В неизученных тех местах,

что занимают полмира,

нет ни климата, ни времен

года в праздничных украшеньях

Лишь растительной крови приток

в борцовском захвате лианы,

лишь бессильный порыв опутанных веток.

Перелетные птицы становятся чужестранцами,

не различают гнезд,

наталкиваясь друг на друга,

их крылья молниеносны

на фоне туманных скал,

в отрыве от той земли,

что уже ни тепла, ни прохладна,

точно кожа почивших там,

вдалеке от жизни и смерти

3.

Приземистое здание барачного типа, сплошь из узких и темных коридоров; стены, выкрашенные в два оттенка зеленого — серо-салатовый снизу, болотный сверху; редкие окна в больничный двор, двери без ручек (чтобы открыть, нужно взяться за проушину для навесного замка), кабинеты без мебели, перенаселенные палаты с железными койками без матрацев (хорошо, если вообще есть койки), обезжизненное пространство типовой архитектуры, коридорный лабиринт, где единственный ориентир — выцветшие памятки для пациентов. Витрувианский человек-паук, его метаморфоза на постере, украшающем дверь кабинета главврача. Сырный запах швабры, запах карболки, лизола и хлорки поверх плесневелой затхлости, смесь советской поликлиники и малярийных тропиков, запах отсутствия. Отсутствие медикаментов, санитарно-гигиенических средств, оборудования. И мое собственное отсутствие: последний раз я был в таком месте восемь лет назад. Но все до сих пор знакомо, если не сказать — привычно, все-таки стаж. Думал об этом не без гордости. То была гордость вазаха, возомнившего себя знатоком сердцевины мрака. Глупая кичливость белого человека. Его напыщенный вид, когда он беспрепятственно проходит через КПП, мимо охранников в солдатской форме. Будь мы африканцами, нам не удалось бы миновать этот блокпост без проверки документов и длительных расспросов о цели визита. Вероятно, с нас потребовали бы паспорта, пропуска, пригласительные билеты, вид на жительство и свидетельство о рождении. В нашем же случае цвет кожи говорил обо всем красноречивей сотни документов.
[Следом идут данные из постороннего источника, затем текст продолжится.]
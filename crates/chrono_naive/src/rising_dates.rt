//! `RisingDates`: dates that rise, in the caller's memory, and their search.
ghost use Rattle.std.specs.Prelude.{◌≡◌, ◌↔◌, ◌≤◌, ◌≤ℤ◌, ◌<ℤ◌, ◌-ℤ◌, ℤ, pos, neg_ℤ, false, true, length, IsSome, IfSome, IfNone};
ghost use Rattle.std.specs.List.Sorted.{IsPartitionPoint};
ghost use Rattle.chrono_calendar.specs.Days.{IsDate};
ghost use Rattle.chrono_naive.specs.RisingDates.{AreRising, is_listed};

use crate::datelike::Datelike;
use crate::naive_date::NaiveDate;
use chrono_calendar::ends::{FIRST_DAY, LAST_DAY};
use std::marker::Model;

/// Dates of which each is before the next. They are a slice of the caller's, and a search needs few steps.
///
/// ```
/// let dates = [NaiveDate::from_ymd_opt(2024, 1, 1)?, NaiveDate::from_ymd_opt(2024, 12, 25)?];
/// let holidays = RisingDates::try_new(&dates)?;
/// holidays.first_from(NaiveDate::from_ymd_opt(2024, 1, 2)?) // Some(2024-12-25)
/// ```
#[derive(Drop)]
pub struct RisingDates<'a> {
    dates: &'a [NaiveDate],
}

impl<'a> Model for RisingDates<'a> {
    ghost use Rattle.std.specs.Prelude.{List, ℤ};
    ghost use Rattle.chrono_naive.specs.RisingDates.{AreRising};

    ghost Value = { List ℤ };

    ghost view = { λ r. r.dates.now };

    ghost invariant = { λ r. AreRising r.dates.now };
}

impl<'a> RisingDates<'a> {
    /// Returns the dates of a slice that rises. Requires each date to be before the next.
    ///
    /// [`try_new`](Self::try_new) checks a slice that may not be so.
    ///
    /// ```
    /// RisingDates::new(&[NaiveDate::MIN, NaiveDate::MAX]).contains(NaiveDate::MAX) // true
    /// ```
    #[inline]
    pub fn new(dates: &'a [NaiveDate]) -> RisingDates<'a>
        requires { AreRising dates.now }
        ensures { result ≡ dates.now }
    {
        RisingDates { dates }
    }

    /// Returns the dates of a slice, if they rise.
    ///
    /// Returns `None` if a date is not before the next.
    ///
    /// ```
    /// RisingDates::try_new(&[NaiveDate::MIN, NaiveDate::MIN]).is_none() // true
    /// ```
    pub fn try_new(dates: &'a [NaiveDate]) -> Option<RisingDates<'a>>
        ensures dates { IfSome result (λ r. r ≡ dates.now) }
        ensures checked { IsSome result ↔ AreRising dates.now }
    {
        if are_rising(dates) {
            Some(RisingDates::new(dates))
        } else {
            None
        }
    }

    /// Returns the dates as a slice.
    ///
    /// ```
    /// RisingDates::new(&[NaiveDate::MIN, NaiveDate::MAX]).as_slice().len() // 2
    /// ```
    #[inline]
    pub fn as_slice(&self) -> &'a [NaiveDate]
        ensures { result.now ≡ self.now }
    {
        self.dates
    }

    /// Returns how many of the dates come before the day with the number `day`.
    ///
    /// ```
    /// RisingDates::new(&[NaiveDate::MIN, NaiveDate::MAX]).count_before(0) // 1
    /// ```
    #[inline]
    pub fn count_before(&self, day: i32) -> usize
        ensures bound { result ≤ length self.now }
        ensures place { IsPartitionPoint (λ h. h <ℤ day) (λ h. day ≤ℤ h) self.now result }
    {
        let dates = self.dates;
        let mut place = 0;
        let mut left = dates.len();
        while left > 0 {
            let half = left - left / 2;
            let number = dates[place + half - 1].num_days_from_ce();
            place += step_if_less(half, i64::from(number), i64::from(day));
            left /= 2;
        }
        place
    }

    /// Returns whether `date` is one of the dates.
    ///
    /// ```
    /// RisingDates::new(&[NaiveDate::MIN]).contains(NaiveDate::MAX) // false
    /// ```
    #[inline]
    pub fn contains(&self, date: NaiveDate) -> bool
        ensures { result ≡ is_listed self.now date }
    {
        match self.first_from(date) {
            Some(first) => first.num_days_from_ce() == date.num_days_from_ce(),
            None => false,
        }
    }

    /// Returns the first of the dates that is not before `date`.
    ///
    /// Returns `None` if all are before it.
    ///
    /// ```
    /// RisingDates::new(&[NaiveDate::MIN, NaiveDate::MAX]).first_from(NaiveDate::from_ymd_opt(2024, 1, 1)?) // Some(+262142-12-31)
    /// ```
    #[inline]
    pub fn first_from(&self, date: NaiveDate) -> Option<NaiveDate>
        ensures member { IfSome result (λ e. is_listed self.now e ≡ true) }
        ensures not_before { IfSome result (λ e. date ≤ℤ e) }
        ensures least { IfSome result (λ e. (d : ℤ) → date ≤ℤ d → d <ℤ e → is_listed self.now d ≡ false) }
        ensures none { IfNone result ((d : ℤ) → date ≤ℤ d → is_listed self.now d ≡ false) }
        ensures exists { IfSome result (λ e. IsDate e) }
        ensures in_range { IsDate date }
    {
        let dates = self.dates;
        let place = self.count_before(date.num_days_from_ce());
        if place < dates.len() {
            let first = dates[place];
            prove!(first.num_days_from_ce() <= LAST_DAY);
            Some(first)
        } else {
            None
        }
    }

    /// Returns the last of the dates that is before `date`.
    ///
    /// Returns `None` if none is before it.
    ///
    /// ```
    /// RisingDates::new(&[NaiveDate::MIN, NaiveDate::MAX]).last_before(NaiveDate::MIN) // None
    /// ```
    #[inline]
    pub fn last_before(&self, date: NaiveDate) -> Option<NaiveDate>
        ensures member { IfSome result (λ e. is_listed self.now e ≡ true) }
        ensures before { IfSome result (λ e. e <ℤ date) }
        ensures greatest { IfSome result (λ e. (d : ℤ) → e <ℤ d → d <ℤ date → is_listed self.now d ≡ false) }
        ensures none { IfNone result ((d : ℤ) → d <ℤ date → is_listed self.now d ≡ false) }
        ensures exists { IfSome result (λ e. IsDate e) }
        ensures in_range { IsDate date }
    {
        let dates = self.dates;
        let place = self.count_before(date.num_days_from_ce());
        if place > 0 {
            let last = dates[place - 1];
            prove!(last.num_days_from_ce() >= FIRST_DAY);
            Some(last)
        } else {
            None
        }
    }
}

// Whether each date is before those behind it.
fn are_rising(days: &[NaiveDate]) -> bool
    ensures { (result ≡ true) ↔ AreRising days.now }
{
    let mut place = 1;
    while place < days.len() {
        if days[place].num_days_from_ce() <= days[place - 1].num_days_from_ce() {
            return false;
        }
        place += 1;
    }
    true
}

// Returns `step` if `first` is less than `second`, and else 0.
// It has no branch, since a processor cannot guess which of them is less.
#[inline]
fn step_if_less(step: usize, first: i64, second: i64) -> usize
    requires least { neg_ℤ (pos 10_000_000_000) ≤ℤ (second -ℤ first) }
    requires most { (second -ℤ first) ≤ℤ pos 10_000_000_000 }
    ensures less { first <ℤ second → result ≡ step }
    ensures other { second ≤ℤ first → result ≡ 0 }
    ensures few { result ≤ step }
{
    step * is_less(first, second)
}

// 1 if the first number is less than the second, and else 0.
#[inline]
fn is_less(first: i64, second: i64) -> usize
    requires least { neg_ℤ (pos 10_000_000_000) ≤ℤ (second -ℤ first) }
    requires most { (second -ℤ first) ≤ℤ pos 10_000_000_000 }
    ensures less { first <ℤ second → result ≡ 1 }
    ensures other { second ≤ℤ first → result ≡ 0 }
{
    ((second - first + (HALF - 1)) as u64 / HALF as u64) as usize
}

// A number that is larger than each difference, and half of what an `i64` holds.
const HALF: i64 = 4_611_686_018_427_387_904;
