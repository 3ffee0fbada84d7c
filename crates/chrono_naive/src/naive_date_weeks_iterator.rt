//! `NaiveDateWeeksIterator`: dates, week after week.
ghost use Rattle.std.specs.Prelude.{◌≡◌, pos, ◌+ℤ◌, ◌-ℤ◌, length, OnSome, IfNone, Some};
ghost use Rattle.std.specs.Option.{SomeIff};
ghost use Rattle.std.specs.Iterator.{YieldsFirst, item_count};
ghost use Rattle.chrono_calendar.specs.Days.{IsDate};
ghost use Rattle.chrono_naive.specs.DateLists.{weeks_from};

use crate::naive_date::NaiveDate;
use chrono_calendar::ends::LAST_DAY;
use std::iter::FusedIterator;
use std::marker::Model;

/// The dates from a date on, week after week. Made by [`NaiveDate::iter_weeks`].
///
/// Contracts see it as its cursor, the day number of the date that it returns next.
///
/// ```
/// let mut weeks = NaiveDate::from_ymd_opt(2024, 2, 29)?.iter_weeks();
/// weeks.next() // Some(2024-02-29)
/// weeks.next() // Some(2024-03-07)
/// ```
#[derive(Clone, Copy, PartialEq, Eq, PartialOrd, Ord, Hash, Debug)]
pub struct NaiveDateWeeksIterator {
    cursor: NaiveDate,
}

impl Model for NaiveDateWeeksIterator {
    ghost use Rattle.std.specs.Prelude.{ℤ};

    ghost Value = { ℤ };

    ghost view = { λ it. it.cursor };

    ghost inverse = { λ n. record { cursor = n } };
}

impl NaiveDateWeeksIterator {
    // The dates from that date on.
    #[inline]
    pub(crate) fn new(cursor: NaiveDate) -> NaiveDateWeeksIterator
        ensures { result ≡ cursor }
    {
        NaiveDateWeeksIterator { cursor }
    }

    // The date at the cursor, which then stands so many days later; `None` if that would be no date, with the cursor left
    // where it is.
    #[inline]
    fn move_by(&mut self, days: i64) -> Option<NaiveDate>
        ensures date { SomeIff result (IsDate (self.old +ℤ days)) self.old }
        ensures moved { OnSome result (self.new ≡ self.old +ℤ days) }
        ensures refused { IfNone result (self.new ≡ self.old) }
        ensures in_range { IsDate self.old }
    {
        let date = self.cursor;
        self.cursor = date.moved_by_days(days)?;
        Some(date)
    }

    /// Returns the date at the cursor, and moves the cursor one week later.
    ///
    /// Returns `None` if the cursor would be after [`NaiveDate::MAX`]; the cursor then stays.
    ///
    /// It does what [`next`](Iterator::next) does. Its contract says which date comes; that of `next` says
    /// which dates are left, for a loop.
    ///
    /// ```
    /// let mut weeks = NaiveDate::from_ymd_opt(2024, 2, 29)?.iter_weeks();
    /// weeks.step() // Some(2024-02-29)
    /// weeks.step() // Some(2024-03-07)
    /// NaiveDate::MAX.iter_weeks().step() // None
    /// ```
    #[inline]
    pub fn step(&mut self) -> Option<NaiveDate>
        ensures date { SomeIff result (IsDate (self.old +ℤ pos 7)) self.old }
        ensures moved { OnSome result (self.new ≡ self.old +ℤ pos 7) }
        ensures refused { IfNone result (self.new ≡ self.old) }
        ensures steps { YieldsFirst weeks_from self.old result self.new }
    {
        self.move_by(7)
    }

    /// Returns the date at the cursor, and moves the cursor one week earlier. So it goes back from the date
    /// that the iterator returns next, and not from the end of its dates.
    ///
    /// Returns `None` if the cursor would be before [`NaiveDate::MIN`]; the cursor then stays.
    ///
    /// ```
    /// let mut weeks = NaiveDate::from_ymd_opt(2024, 3, 7)?.iter_weeks();
    /// weeks.next_back() // Some(2024-03-07)
    /// weeks.next_back() // Some(2024-02-29)
    /// NaiveDate::MIN.iter_weeks().next_back() // None
    /// ```
    #[inline]
    pub fn next_back(&mut self) -> Option<NaiveDate>
        ensures date { SomeIff result (IsDate (self.old -ℤ pos 7)) self.old }
        ensures moved { OnSome result (self.new ≡ self.old -ℤ pos 7) }
        ensures refused { IfNone result (self.new ≡ self.old) }
    {
        self.move_by(-7)
    }
}

impl Iterator for NaiveDateWeeksIterator {
    type Item = NaiveDate;

    ghost next_gives = { YieldsFirst weeks_from };

    ghost remaining = { item_count weeks_from };

    /// Returns the date at the cursor, and moves the cursor one week later.
    ///
    /// Returns `None` if the cursor would be after [`NaiveDate::MAX`]; the cursor then stays.
    #[inline]
    fn next(&mut self) -> Option<NaiveDate> {
        self.step()
    }

    /// Returns the exact number of dates that are left, as both bounds.
    ///
    /// ```
    /// NaiveDate::MAX.iter_weeks().size_hint() // (0, Some(0))
    /// ```
    #[inline]
    fn size_hint(&self) -> (usize, Option<usize>)
        ensures { result ≡ (length (weeks_from self.now), Some (length (weeks_from self.now))) }
    {
        let left = self.len();
        (left, Some(left))
    }
}

impl ExactSizeIterator for NaiveDateWeeksIterator {
    /// Returns the number of dates that are left.
    ///
    /// ```
    /// NaiveDate::from_ymd_opt(262142, 12, 1)?.iter_weeks().len() // 4
    /// ```
    #[inline]
    fn len(&self) -> usize {
        (LAST_DAY - self.cursor.day_number()) as usize / 7
    }
}

impl FusedIterator for NaiveDateWeeksIterator {}
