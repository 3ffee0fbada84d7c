//! Dates of the proleptic Gregorian calendar, with no time zone.
//!
//! [`NaiveDate`] is a date, and [`Datelike`] has its fields. [`NaiveWeek`] and [`IsoWeek`] are weeks. [`Days`] and [`Months`]
//! are moves, as is [`TimeDelta`], a duration. [`RisingDates`] is a sorted list of dates, with its search.
#![tactic(auto)]

mod datelike;
mod days;
mod iso_week;
pub mod law;
mod naive_date;
mod naive_date_days_iterator;
mod naive_date_weeks_iterator;
mod naive_week;
mod rising_dates;

pub use chrono_calendar::ends::{FIRST_DAY, LAST_DAY};
pub use chrono_clock::{NaiveTime, TimeDelta, Timelike};
pub use chrono_units::year::{MAX_YEAR, MIN_YEAR};
pub use chrono_units::{Month, Months, OutOfRange, Weekday, WeekdaySet, WeekdaySetIter};
pub use datelike::Datelike;
pub use days::Days;
pub use iso_week::IsoWeek;
pub use naive_date::{MAX_DATE, MIN_DATE, NaiveDate};
pub use naive_date_days_iterator::NaiveDateDaysIterator;
pub use naive_date_weeks_iterator::NaiveDateWeeksIterator;
pub use naive_week::NaiveWeek;
pub use rising_dates::RisingDates;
Всякий, кто путешествовал по Африке, знает: на деревенском базаре, на городской улице, у входа в национальный парк или на фоне какого-нибудь объекта культурного наследия белая кожа — это карт-бланш для попрошаек, чумазых детей, торговцев цацками и просто подозрительных типов («my friend, my friend!»). Тебя никогда не оставят в покое, с этим нужно смириться. Зато в африканской больнице белая кожа заменяет любой пропуск. Если на улице бледнолицый — источник дохода для прилипал, то в госпитале он автоматически возводится в ранг эксперта-спасателя или инспектора из международной организации (не важно какой). Зачем бы еще белому человеку находиться в африканской больнице? Ты идешь по коридору, перед тобой распахиваются двери, расступаются охранники. Тебе дозволено по умолчанию заглядывать во все углы, ворошить любые архивы.